I giudici di pace nascono con una legge del 1991 che concedeva ai pensionati delle competenze civili. Nel 2001 un decreto ha introdotto le competenze penali. Nel 2004 hanno aggiunto le competenze di immigrazione e ci hanno dato altri 4 anni. Quando sono finiti gli ulteriori 4 anni, hanno cominciato a fare delle proroghe: di un anno, due. Dopo di ciò si è arrivati ai nostri giorni dove il governo Renzi con il ministro Orlando ha emanato questa riforma attesa da anni. La riforma mette mano alla magistratura onoraria. Ma è stato fatto un pasticcio.
Hanno abbassato i limiti di età e siamo entrati noi, non pensionati, ma persone normali e giovani avvocati senza alcun tipo di tutela. Alcune persone hanno continuato a fare gli avvocati. Altri, per questioni di disponibilità di tempo, no. Come me: io mi sono cancellata dall’albo e faccio questo lavoro da tutti questi anni.
Si è creata questa situazione per cui il giudice di pace fa solo questo lavoro. Oppure ,di facciata fa l’avvocato perché si paga i contributi con la cassa avvocati, ma di fatto riesce a fare l’avvocato solo in via residuale.
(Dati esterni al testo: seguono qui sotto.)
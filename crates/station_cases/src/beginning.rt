//! Stations made from plans.

ghost use Rattle.std.specs.Prelude.{◌≡◌, IfOk, IsTrue, length, nat_le, nat_lt};
ghost use Rattle.std.specs.List.{list_all};
ghost use Rattle.aarp.specs.Choosing.{is_on};
ghost use Rattle.station.specs.Ports.{is_planned};

use crate::plan::{Plan, PlannedPort};
use at_base::{Addr, Error, Name, Range};
use cabled::{CabledRouter, Peers};
use case_words::Stop;
use end_node::EndNode;
use live_node::LiveNode;
use live_router::LiveRouter;
use nbp::Names;
use router::Router;
use rtmp::{RouteTable, Row};
use station::PortPlan;
use std::alloc::Global;
use zip_zones::ZoneTable;

/// Whether a station of the cable may have the address.
fn may_have(range: Range, addr: Addr) -> bool
    ensures { result ≡ is_on range addr }
{
    range.holds(addr.net) && 1 <= addr.node && addr.node <= 253
}

/// Whether a station of the port's cable may have the port's addresses.
fn is_sound(plan: &PortPlan<'_>) -> bool
    ensures { result ≡ is_planned plan.now }
{
    match plan.own {
        Some(own) => may_have(plan.range, own),
        None => aarp::are_on(plan.range, plan.tries),
    }
}

fn are_sound(plans: &[PortPlan<'_>]) -> bool
    ensures { result ≡ list_all is_planned plans.now }
{
    plans.iter().all(is_sound)
}

fn are_near(rows: &[Row]) -> bool
    ensures { result ≡ list_all (λ r. nat_le r.distance 31) rows.now }
{
    rows.iter().all(|row| row.distance <= 31)
}

/// Whether the port of each row is below a number.
fn are_below(rows: &[Row], number: usize) -> bool
    ensures { result ≡ list_all (λ r. nat_lt r.port number) rows.now }
{
    rows.iter().all(|row| (row.port as usize) < number)
}

/// Whether each row's port is one of the ports.
fn are_seated(rows: &[Row], plans: &[PortPlan<'_>]) -> bool
    ensures { result ≡ list_all (λ r. nat_lt r.port (length plans.now)) rows.now }
{
    are_below(rows, plans.len())
}

fn plans_of<'a>(alloc: Global, ports: &'a [PlannedPort]) -> Result<Vec<PortPlan<'a>>, Stop> {
    let mut plans = Vec::new(alloc);
    for port in ports {
        if plans.push(port.plan()).is_err() {
            return Err(Stop::Refused(Error::Memory));
        }
    }
    Ok(plans)
}

/// A routing table of these rows.
fn table_of<T: RouteTable>(alloc: Global, rows: &[Row]) -> Result<T, Stop>
    requires { IsTrue (list_all (λ r. nat_le r.distance 31) rows.now) }
    ensures { IfOk result (λ table. T.rows table ≡ rows.now) }
{
    let mut table = T::empty(alloc)?;
    table.load(rows)?;
    Ok(table)
}

/// A router with these ports, rows and zone lists.
fn router_by<T: RouteTable>(
    alloc: Global,
    plans: &[PortPlan<'_>],
    rows: &[Row],
    zones: ZoneTable,
) -> Result<Router<T>, Stop> {
    if !are_sound(plans) {
        return Err(Stop::Unclear);
    }
    if !are_near(rows) {
        return Err(Stop::Unclear);
    }
    if !are_seated(rows, plans) {
        return Err(Stop::Unclear);
    }
    let routes: T = table_of(alloc, rows)?;
    Ok(Router::new(alloc, plans, routes, zones)?)
}

/// The router of a plan.
pub(crate) fn router_of<T: RouteTable>(alloc: Global, plan: &Plan) -> Result<Router<T>, Stop> {
    let plans = plans_of(alloc, plan.ports.as_slice())?;
    let zones = plan.zones(alloc)?;
    router_by(alloc, plans.as_slice(), plan.rows.as_slice(), zones)
}

fn live_router_by<T: RouteTable>(
    alloc: Global,
    plans: &[PortPlan<'_>],
    zones: ZoneTable,
) -> Result<LiveRouter<T>, Stop> {
    if !are_sound(plans) {
        return Err(Stop::Unclear);
    }
    Ok(LiveRouter::new(alloc, plans, zones)?)
}

/// The live router of a plan. It has no rows before it learns some.
pub(crate) fn live_router_of<T: RouteTable>(
    alloc: Global,
    plan: &Plan,
) -> Result<LiveRouter<T>, Stop> {
    let plans = plans_of(alloc, plan.ports.as_slice())?;
    let zones = plan.zones(alloc)?;
    live_router_by(alloc, plans.as_slice(), zones)
}

fn cabled_router_by<T: RouteTable>(
    alloc: Global,
    plans: &[PortPlan<'_>],
    zones: ZoneTable,
    peers: Peers,
) -> Result<CabledRouter<T>, Stop> {
    if !are_sound(plans) {
        return Err(Stop::Unclear);
    }
    Ok(CabledRouter::new(alloc, plans, zones, peers)?)
}

/// The router of a plan, with its ports on cables.
pub(crate) fn cabled_router_of<T: RouteTable>(
    alloc: Global,
    plan: &Plan,
    peers: Peers,
) -> Result<CabledRouter<T>, Stop> {
    let plans = plans_of(alloc, plan.ports.as_slice())?;
    let zones = plan.zones(alloc)?;
    cabled_router_by(alloc, plans.as_slice(), zones, peers)
}

fn node_by(
    alloc: Global,
    port: &PortPlan<'_>,
    zone: Name,
    router: Option<Addr>,
    names: Names,
) -> Result<EndNode, Stop> {
    if !is_sound(port) {
        return Err(Stop::Unclear);
    }
    Ok(EndNode::new(alloc, port, zone, router, names)?)
}

/// The node of a plan.
pub(crate) fn node_of(alloc: Global, plan: &Plan) -> Result<EndNode, Stop> {
    let names = plan.names(alloc)?;
    match (plan.ports.as_slice(), plan.zone) {
        ([port], Some(zone)) => node_by(alloc, &port.plan(), zone, plan.router, names),
        _ => Err(Stop::Unclear),
    }
}

fn live_node_by(
    alloc: Global,
    port: &PortPlan<'_>,
    zone: Name,
    names: Names,
) -> Result<LiveNode, Stop> {
    if !is_sound(port) {
        return Err(Stop::Unclear);
    }
    Ok(LiveNode::new(alloc, port, zone, names)?)
}

/// The live node of a plan. It has no router before it learns one.
pub(crate) fn live_node_of(alloc: Global, plan: &Plan) -> Result<LiveNode, Stop> {
    let names = plan.names(alloc)?;
    match (plan.ports.as_slice(), plan.zone) {
        ([port], Some(zone)) => live_node_by(alloc, &port.plan(), zone, names),
        _ => Err(Stop::Unclear),
    }
}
La legge Orlando entra in vigore tra un anno e mezzo, siamo ancora sotto il vecchio regime. Orlando interviene perché di fatto dice che il nostro non è assolutamente un lavoro, ma un’attività di volontariato, si potrà fare solo part time e individua dai due ai tre impegni settimanali come occupazione, ci dovrà essere un altro lavoro e ci toglierà il cottimo che in questi anni ci ha permesso di vivere dignitosamente.
Il tetto massimo previsto è 70mila euro, ma è chiaro che ci arrivano pochissimi giudici di pace a guadagnare una cifra del genere. Però nel range c’è di tutto, dipende che tipo di lavoro si fa nell’ufficio. Se per adesso si vive in modo decoroso, senza comunque tutele – io ho fatto la maternità senza nulla – in qualche modo ci siamo arrangiati.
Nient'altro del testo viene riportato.